Level: Guided beginner to advanced

ℹ️ What You'll Learn
  • Error message interpretation
  • Query debugging techniques
  • Data validation and corruption detection
  • Deadlock investigation and resolution
  • Performance analysis workflow
  • Blocking and lock analysis
  • Transaction state analysis
  • Root cause identification

Problems happen. Finding root cause fast saves time. This article teaches systematic debugging.
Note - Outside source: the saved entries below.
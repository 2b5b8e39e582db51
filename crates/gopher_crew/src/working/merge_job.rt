//! `MergeJob`: pages that a worker merges while it holds no lock.

ghost use Rattle.std.specs.Prelude.{◌≡◌, IfSome};
ghost use Rattle.gopher_index.specs.Index.{IsSliceOf};
ghost use Rattle.gopher_catalogue.specs.Pages.{pages_found};

use crate::crew::Crew;
use crate::publication::record_prefix::RecordPrefix;
use gopher_catalogue::Due;
use std::alloc::Global;
use std::marker::{Model, PhantomData};

/// A run of pages that a worker merges, and the record that found them. Contracts see the pages.
#[derive(Drop)]
pub struct MergeJob<C: Crew> {
    due: Due,
    prefix: RecordPrefix,
    was_merged: bool,
    of: PhantomData<C>,
}

impl<C: Crew> Model for MergeJob<C> {
    ghost use Rattle.gopher_segment.specs.Segment.{SegmentData};
    ghost use Rattle.gopher_crew.specs.MergeJob.{IsMergeJob};

    ghost Value = { SegmentData };

    ghost view = { λ j. j.due };

    ghost invariant = { λ j. IsMergeJob C.history j.prefix j.due };
}

impl<C: Crew> MergeJob<C> {
    /// The job to merge pages that a record found.
    pub fn new(due: Due, prefix: RecordPrefix) -> MergeJob<C>
        requires history { prefix.history ≡ C.history }
        requires stands { IsSliceOf due (pages_found prefix.events) }
        ensures { result ≡ due }
    {
        MergeJob {
            due,
            prefix,
            was_merged: false,
            of: PhantomData,
        }
    }

    /// Merges the pages, unless memory runs out.
    pub fn run(&mut self, alloc: Global)
        ensures { self.new ≡ self.old }
    {
        self.was_merged = self.due.merge(alloc).is_ok();
    }

    /// Returns whether the pages were merged.
    pub fn was_merged(&self) -> bool {
        self.was_merged
    }

    /// Returns the pages, if this record begins with the one that found them.
    pub fn due_in(self, prefix: &RecordPrefix) -> Option<Due>
        requires { prefix.now.history ≡ C.history }
        ensures same { IfSome result (λ due. due ≡ self) }
        ensures stands { IfSome result (λ due. IsSliceOf due (pages_found prefix.now.events)) }
    {
        let MergeJob {
            due,
            prefix: own,
            was_merged: _was_merged,
            of: _of,
        } = self;
        if !own.begins(prefix) {
            return None;
        }
        Some(due)
    }
}
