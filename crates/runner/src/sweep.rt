ghost use Rattle.std.specs.Prelude.{IfOk};
ghost use Rattle.command_dues.specs.Decided.{IsSpelt};
ghost use Rattle.command_dues.specs.schedule_sweeps.specs.Sweeps.{IsSweepOf};
ghost use Rattle.verdicts.specs.Refused.{AreAccepted};

use accepted_decks::an_accepted_deck_meets_the_premises;
use command_dues::{Deck, sweep};
use gd_words::NoMemory;
use logs::Shared;
use run_table::Table;
use std::alloc::Global;

/// The rows of a sweep of a deck.
pub(crate) fn swept(alloc: Global, deck: Deck, runs: u32) -> Result<Table, NoMemory>
    requires spelt { IsSpelt deck }
    requires accepted { AreAccepted deck.site.processes }
    ensures { IfOk result (IsSweepOf deck.site deck.lines runs) }
{
    an_accepted_deck_meets_the_premises();
    let Deck { site, lines } = deck;
    let site = Shared::new(alloc, site)?;
    sweep(alloc, &site, lines.as_slice(), runs)
}
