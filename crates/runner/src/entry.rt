ghost use Rattle.std.specs.Prelude.{◌≡◌, Ok, map, string_bytes};
ghost use Rattle.gd_io.specs.Puts.{Puts};
ghost use Rattle.command_dues.specs.Ends.{Ends};
ghost use Rattle.command_dues.specs.Numbers.{status_number};
ghost use Rattle.command_dues.specs.RunEnds.{closing_of};
ghost use Rattle.command_dues.specs.Written.{text_of, text_of_run, text_telling, told_acts, run_of, outcome_of};
ghost use Rattle.command_dues.specs.Written.{CanBeWritten, cause_of};
ghost use Rattle.command_dues.specs.declared.outcome.Outcome.{Outcome};

use crate::decide::decide;
use command_dues::{
    Closing, Due, End, Outcome, RefusedSite, Report, RunEnd, Status, Telling, Why, write_advised,
    write_checked, write_fault, write_load_report, write_refusal, write_rejected, write_report,
    write_sweep, write_usage, write_verified,
};
use gd_io::{Sink, Source, WriteFault};
use schedule_loop::Ending;
use std::alloc::Global;
use tal_tree::Act;
use verdicts::RefusedProgram;

/// Runs one command as `command` does, and answers the number of its status, with which the program ends.
pub fn exit_number<S: Source, K: Sink>(
    alloc: Global,
    words: &[String],
    source: &mut S,
    sink: &mut K,
) -> u8
    ensures { (outcome : Outcome)
        × Ends S.left S.faults S.sure K.held K.faults K.sure (map string_bytes words.entry.now) source.old source.new
        sink.old sink.new outcome
        × (result ≡ status_number outcome.status) }
{
    command(alloc, words, source, sink).status.number()
}

/// Runs one command; the words have the program's name first. `check` reads a deck from the source to its end, judges
/// its programs in deck order and writes to the sink that all are accepted, or why the first is refused that isn't.
/// `run` judges them so before any act, and where all are accepted it runs the deck's schedule on the machine of copies
/// and writes the report; `run --acts` tells the acts that the run keeps besides, and `run --fail P:K` stops a
/// processor. Any other words give the usage, and so does a processor that the deck hasn't. `load N` reads no deck: it
/// runs the load deck with N requests of each terminal, and tells in place of each write and reply how many there were.
/// `sweep N` judges a deck as `run` does, runs it once for each of its processors and each number of events below N,
/// with a stop of that processor after so many, and tells for each processor how its runs ended. `advise` tells for
/// each program what its CHECKPOINTs have to name and how many replies its files need, or why the first is refused that
/// nothing mends. `verify` reads a deck and after it a report as `run --acts` writes one, judges the programs as `run`
/// does, and tells whether the report is one of the deck by the machine of single unfailing processes, or at which line
/// and for which cause it isn't.
pub fn command<S: Source, K: Sink>(
    alloc: Global,
    words: &[String],
    source: &mut S,
    sink: &mut K,
) -> Outcome
    ensures { Ends S.left S.faults S.sure K.held K.faults K.sure (map string_bytes words.entry.now) source.old
        source.new sink.old sink.new result }
{
    let due = decide(alloc, words, source);
    let written = write_due(sink, &due);
    outcome_of(due, written)
}

fn write_due<K: Sink>(sink: &mut K, due: &Due) -> Result<(), WriteFault>
    requires { CanBeWritten due.now }
    ensures { Puts K.held K.faults K.sure sink.old sink.new (text_of due.now) result }
{
    match due {
        Due::Usage => write_usage(sink),
        Due::DeckRefused(fault) => write_fault(sink, fault),
        Due::ProgramRefused(refused) => write_refused(sink, refused),
        Due::Accepted(site) => write_checked(sink, site),
        Due::Report(report) => write_run(sink, report),
        Due::Swept(table) => write_sweep(sink, table.rows()),
        Due::Verified(acts) => write_verified(sink, *acts),
        Due::Rejected { line, why } => write_rejected(sink, *line, cause_of(*why)),
        Due::Advised(advised) => write_advised(sink, &advised.site, advised.pairs.as_slice()),
        Due::Unadvised(refused) => write_refused(sink, refused),
        Due::ReadFault => Ok(()),
        Due::NoMemory(_) => Ok(()),
    }
}

fn write_run<K: Sink>(sink: &mut K, report: &Report) -> Result<(), WriteFault>
    requires { CanBeWritten (Due.Report report.now) }
    ensures { Puts K.held K.faults K.sure sink.old sink.new (text_of_run report.now) result }
{
    match report.tells {
        Telling::Lines { acts } => write_lines(sink, report, acts),
        Telling::Counts { requests } => write_counts(sink, report, requests),
    }
}

fn write_lines<K: Sink>(sink: &mut K, report: &Report, acts: bool) -> Result<(), WriteFault>
    requires { CanBeWritten (Due.Report report.now) }
    ensures { Puts K.held K.faults K.sure sink.old sink.new (text_telling (Telling.Lines acts) report.now) result }
{
    let site = report.site.get();
    let shown = report.run.shown();
    let sectors = report.sectors.as_slice();
    let mirrors = report.mirrors.as_slice();
    let stopped = report.stopped.as_slice();
    let acts = told_acts(&report.run, acts);
    let closing = closing_of(report.run.ran.ending);
    write_report(sink, site, shown, sectors, mirrors, stopped, acts, closing)
}

fn write_counts<K: Sink>(sink: &mut K, report: &Report, requests: u32) -> Result<(), WriteFault>
    ensures { Puts K.held K.faults K.sure sink.old sink.new (text_telling (Telling.Counts requests) report.now) result }
{
    let site = report.site.get();
    let counts = report.run.counts(requests);
    let sectors = report.sectors.as_slice();
    let stopped = report.stopped.as_slice();
    let closing = closing_of(report.run.ran.ending);
    write_load_report(sink, site, counts, sectors, stopped, closing)
}

fn write_refused<K: Sink>(sink: &mut K, refused: &RefusedSite) -> Result<(), WriteFault>
    ensures { Puts K.held K.faults K.sure sink.old sink.new (text_of (Due.ProgramRefused refused.now)) result }
{
    let found = &refused.found;
    let lines = found.lines.as_slice();
    write_refusal(sink, &refused.site, found.process, &found.refusal, lines)
}

/// The acts that are told of a run.
fn told_acts(run: &RunEnd, acts: bool) -> &[Act]
    ensures { result.now ≡ told_acts acts run.now }
{
    if acts { run.acts() } else { &[] }
}

/// The number of the cause for which a report is rejected.
fn cause_of(why: Why) -> u8
    ensures { result ≡ cause_of why }
{
    match why {
        Why::Form => 1,
        Why::Act => 2,
        Why::Differs => 3,
        Why::NotIdle => 4,
    }
}

fn closing_of(ending: Ending) -> Closing
    ensures { result ≡ closing_of ending }
{
    match ending {
        Ending::Idle => Closing::Ended(End::Idle),
        Ending::Cut => Closing::Ended(End::Cut),
        Ending::Second(processor) => Closing::Ended(End::Second(processor)),
        Ending::Lost(process) => Closing::Lost(process),
    }
}

/// The outcome, by whether the text that is due went out whole.
fn outcome_of(due: Due, written: Result<(), WriteFault>) -> Outcome
    ensures { result ≡ outcome_of due written }
{
    match written {
        Ok(()) => done(due),
        Err(WriteFault) => cut_off(due),
    }
}

/// The outcome of what is written whole.
fn done(due: Due) -> Outcome
    ensures { result ≡ outcome_of due (Ok tt) }
{
    match due {
        Due::Usage => Outcome::without_run(Status::Usage),
        Due::ReadFault => Outcome::without_run(Status::ReadFault),
        Due::NoMemory(memory) => Outcome::without_run(Status::NoMemory(memory)),
        Due::DeckRefused(fault) => Outcome::without_run(Status::DeckRefused(fault)),
        Due::ProgramRefused(refused) => Outcome::without_run(status_of_refused(refused)),
        Due::Accepted(_) => Outcome::without_run(Status::Done),
        Due::Swept(_) => Outcome::without_run(Status::Done),
        Due::Verified(_) => Outcome::without_run(Status::Done),
        Due::Rejected { line, why } => Outcome::without_run(Status::Rejected { line, why }),
        Due::Advised(_) => Outcome::without_run(Status::Done),
        Due::Unadvised(refused) => Outcome::without_run(status_of_refused(refused)),
        Due::Report(report) => Outcome {
            status: report.run.status(),
            run: Some(report.run),
        },
    }
}

fn status_of_refused(refused: RefusedSite) -> Status
    ensures { result ≡ Status.Refused refused.found.process refused.found.refusal }
{
    let RefusedSite { site: _, found } = refused;
    let RefusedProgram {
        process,
        refusal,
        lines: _,
    } = found;
    Status::Refused { process, refusal }
}

/// The outcome where a write failed.
fn cut_off(due: Due) -> Outcome
    ensures { result ≡ record { status = Status.WriteFault; run = run_of due } }
{
    let run = match due {
        Due::Report(report) => Some(report.run),
        Due::Usage => None,
        Due::ReadFault => None,
        Due::NoMemory(_) => None,
        Due::DeckRefused(_) => None,
        Due::ProgramRefused(_) => None,
        Due::Accepted(_) => None,
        Due::Swept(_) => None,
        Due::Verified(_) => None,
        Due::Rejected { line: _, why: _ } => None,
        Due::Advised(_) => None,
        Due::Unadvised(_) => None,
    };
    Outcome {
        status: Status::WriteFault,
        run,
    }
}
Scenario 1: "Missing Student" Bug

Student inserted but SELECT returns nothing:

-- Symptom: Insert successful but SELECT returns 0 rows
INSERT INTO Student (Name, ClassName) VALUES ('Ravi', '10-A');
SELECT @@ROWCOUNT; -- Returns 1

SELECT * FROM Student WHERE Name = 'Ravi';
-- Returns: 0 rows (Why?)

-- Debug Step 1: Check exact values
SELECT * FROM Student WHERE Name = 'Ravi'; -- No matches

-- Debug Step 2: Check with wildcards
SELECT * FROM Student WHERE Name LIKE '%Ravi%'; -- Still nothing

-- Debug Step 3: Check all students
SELECT * FROM Student; -- 'Ravi' IS there! But WHERE Name = 'Ravi' doesn't match

-- Debug Step 4: Check data type/length
SELECT NAME, LEN(Name), DATALENGTH(Name) FROM Student WHERE StudentId = SCOPE_IDENTITY();
-- Aha! Name = 'Ravi ' (has trailing space, length 5 not 4)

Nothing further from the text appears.